Further information: Global warming, Climate change, and Climate change denial

Attribution of recent climate change is the effort to scientifically ascertain mechanisms responsible for relatively recent changes observed in the Earth's climate. The effort has focused on changes observed during the period of instrumental temperature record, when records are most reliable; particularly on the last 50 years, when human activity has grown fastest and observations of the upper atmosphere have become available. The dominant mechanisms to which recent climate change has been attributed all result from human activity. They are:[1]

    * increasing atmospheric concentrations of greenhouse gases
    * global changes to land surface, such as deforestation
    * increasing atmospheric concentrations of aerosols.

Attribution of recent change to anthropogenic forcing is based on the following facts:

    * The observed change is not consistent with natural variability.
    * Known natural forcings would, if anything, be negative over this period.
    * Known anthropogenic forcings are consistent with the observed response.
    * The pattern of the observed change is consistent with the anthropogenic forcing.

Recent reports from the Intergovernmental Panel on Climate Change (IPCC) have concluded that:

    * "Most of the observed increase in globally averaged temperatures since the mid-20th century is very likely due to the observed increase in anthropogenic greenhouse gas concentrations."[2]; It is extremely unlikely (<5%) that the global pattern of warming during the past half century can be explained without external forcing (i.e., it is inconsistent with being the result of internal variability), and very unlikely that it is due to known natural external causes alone. The warming occurred in both the ocean and the atmosphere and took place at a time when natural external forcing factors would likely have produced cooling. [1]
    * "From new estimates of the combined anthropogenic forcing due to greenhouse gases, aerosols, and land surface changes, it is extremely likely that human activities have exerted a substantial net warming influence on climate since 1750."[1]
    * "It is virtually certain that anthropogenic aerosols produce a net negative radiative forcing (cooling influence) with a greater magnitude in the Northern Hemisphere than in the Southern Hemisphere.[1]

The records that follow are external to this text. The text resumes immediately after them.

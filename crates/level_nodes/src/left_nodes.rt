//! The left nodes of a level, with room before the first one.

ghost use Rattle.std.specs.Prelude.{◌≡◌, ◌+◌, ◌-◌, ◌≤◌, ◌++◌, length, drop, IfOk, OnOk, OnErr};

use std::alloc::{AllocError, Allocator};
use std::marker::Model;
use xet_hash::data_hash::MerkleHash;
use xet_roots::aggregated_hashes::Node;

// The left nodes of a level. More nodes can be added before or after them. On average each node is then copied a
// constant number of times.
#[derive(Debug, Drop)]
pub(crate) struct LeftNodes<A: Allocator> {
    // First nodes without meaning, as room for nodes that will be put before the left nodes. Then the left nodes.
    nodes: Vec<Node, A>,
    // How many of the nodes are room.
    room: usize,
}

impl<A: Allocator> Model for LeftNodes<A> {
    ghost use Rattle.std.specs.Prelude.{◌≤◌, List, length, drop};
    ghost use Rattle.xet_roots.specs.Groups.{Node};

    ghost Value = { List Node };

    ghost view = { λ stored. drop stored.room stored.nodes.items };

    ghost invariant = { λ stored. stored.room ≤ length stored.nodes.items };
}

// Returns the nodes after `room` others, which have no meaning.
fn with_room<A: Allocator>(
    alloc: A,
    room: usize,
    nodes: &[Node],
) -> Result<Vec<Node, A>, AllocError>
    ensures len { IfOk result (λ all. length all.items ≡ room + length nodes.now) }
    ensures nodes { IfOk result (λ all. drop room all.items ≡ nodes.now) }
{
    let len = room.checked_add(nodes.len()).ok_or(AllocError)?;
    let mut all = Vec::with_capacity(alloc, len)?;
    all.resize(room, (MerkleHash::default(), 0))?;
    all.extend_from_slice(nodes)?;
    Ok(all)
}

// Writes nodes into the places before `end`.
fn put_before<A: Allocator>(nodes: &mut Vec<Node, A>, end: usize, more: &[Node])
    requires room { length more.now ≤ end }
    requires end { end ≤ length nodes.old.items }
    ensures len { length nodes.new.items ≡ length nodes.old.items }
    ensures put { drop (end - length more.now) nodes.new.items ≡ more.now ++ drop end nodes.old.items }
{
    let mut at = end;
    let mut rest = more;
    'nodes: while let [others @ .., node] = rest {
        at -= 1;
        nodes[at] = *node;
        rest = others;
    }
}

impl<A: Allocator> LeftNodes<A> {
    // Makes left nodes without room.
    pub(crate) fn new(nodes: Vec<Node, A>) -> Self
        ensures { result ≡ nodes.items }
    {
        LeftNodes { nodes, room: 0 }
    }

    pub(crate) fn as_slice(&self) -> &[Node]
        ensures { result.now ≡ self.now }
    {
        &self.nodes[self.room..]
    }

    // Puts nodes after them.
    pub(crate) fn extend(&mut self, more: &[Node]) -> Result<(), AllocError>
        ensures extended { OnOk result (self.new ≡ self.old ++ more.now) }
        ensures unchanged { OnErr result (self.new ≡ self.old) }
    {
        self.nodes.extend_from_slice(more)
    }
}

impl<A: Allocator + Clone> LeftNodes<A> {
    // Puts nodes before them. If there isn't enough room, it makes room for them and for as many nodes as there are.
    pub(crate) fn prepend(&mut self, more: &[Node]) -> Result<(), AllocError>
        ensures prepended { OnOk result (self.new ≡ more.now ++ self.old) }
        ensures unchanged { OnErr result (self.new ≡ self.old) }
    {
        if self.room < more.len() {
            let alloc = self.nodes.allocator().clone()?;
            let nodes = self.as_slice();
            let room = more.len().checked_add(nodes.len()).ok_or(AllocError)?;
            *self = LeftNodes {
                nodes: with_room(alloc, room, nodes)?,
                room,
            };
        }
        put_before(&mut self.nodes, self.room, more);
        self.room -= more.len();
        Ok(())
    }
}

The panel defines "very likely," "extremely likely," and "virtually certain" as indicating probabilities greater than 90%, 95%, and 99%, respectively.[1]
Contents
[hide]

    * 1 Key attributions
          o 1.1 Greenhouse gases
          o 1.2 Land use
                + 1.2.1 Livestock and land use
          o 1.3 Aerosols
    * 2 Attribution of 20th century climate change
    * 3 Detection vs. attribution
    * 4 Scientific literature and opinion
    * 5 Findings that complicate attribution to CO2
          o 5.1 Warming sometimes leads CO2 increases
          o 5.2 Warming on other planets?
    * 6 See also
    * 7 References
    * 8 Further reading
    * 9 External links

Key attributions
Greenhouse gases
Emission Database for Global Atmospheric Research version 3.2, fast track 2000 project

Scientific consensus has identified carbon dioxide as the dominant greenhouse gas forcing. (The dominant greenhouse gas overall is water vapor. Water vapor, however, has a very short atmospheric lifetime (about 10 days) and is very nearly in a dynamic equilibrium in the atmosphere, so it is not a forcing gas in the context of global warming.[3]) Methane and nitrous oxide are also major forcing contributors to the greenhouse effect. The Kyoto Protocol lists these together with hydrofluorocarbons (HFCs), perfluorocarbons (PFCs), and sulphur hexafluoride (SF6),[4] which are entirely artificial (i.e. anthropogenic) gases which also contribute to radiative forcing in the atmosphere. The chart at right attributes anthropogenic greenhouse gas emissions to eight main economic sectors, of which the largest contributors are power stations (many of which burn coal or other fossil fuels), industrial processes (among which cement production is a dominant contributor[5]), transportation fuels (generally fossil fuels), and agricultural by-products (mainly methane from enteric fermentation and nitrous oxide from fertilizer use).
Land use

Climate change is attributed to land use for two main reasons. While 66% of anthropogenic CO2 emissions over the last 250 years have resulted from burning fossil fuels, 33% have resulted from changes in land use, primarily deforestation.[5] Deforestation both reduces the amount of carbon dioxide absorbed by deforested regions and releases greenhouse gases directly, together with aerosols, through biomass burning that frequently accompanies it. A second reason that climate change has been attributed to land use is that the terrestrial albedo is often altered by use, which leads to radiative forcing. This effect is more significant locally than globally.[5]
Livestock and land use

Worldwide, livestock production occupies 70% of all land used for agriculture, or 30% of the ice-free land surface of the Earth.[6] Scientists attribute more than 18% of anthropogenic greenhouse gas emissions to livestock and livestock-related activities such as deforestation and increasingly fuel-intensive farming practices.[6] Specific attributions to the livestock sector include:

    * 9% of global carbon dioxide emissions
    * 35-40% of global methane emissions (chiefly due to enteric fermentation and manure)
    * 64% of global nitrous oxide emissions, chiefly due to fertilizer use.[6]

Aerosols

With virtual certainty, scientific consensus has attributed various forms of climate change, chiefly cooling effects, to aerosols, which are small particles or droplets suspended in the atmosphere.[7] Key sources to which anthropogenic aerosols are attributed[8] include:

    * biomass burning such as slash and burn deforestation. Aerosols produced are primarily black carbon.
    * industrial air pollution, which produces soot and airborne sulfates, nitrates, and ammonium
    * dust produced by land use effects such as desertification

Attribution of 20th century climate change
IPCC
Assessment reports:
First (1990)
1992 sup.
Second (1995)
Third (2001)
Fourth (2007)
Fifth (2014)
UNFCCC | WMO | UNEP
One global climate model's reconstruction of temperature change during the 20th century as the result of five studied forcing factors and the amount of temperature change attributed to each.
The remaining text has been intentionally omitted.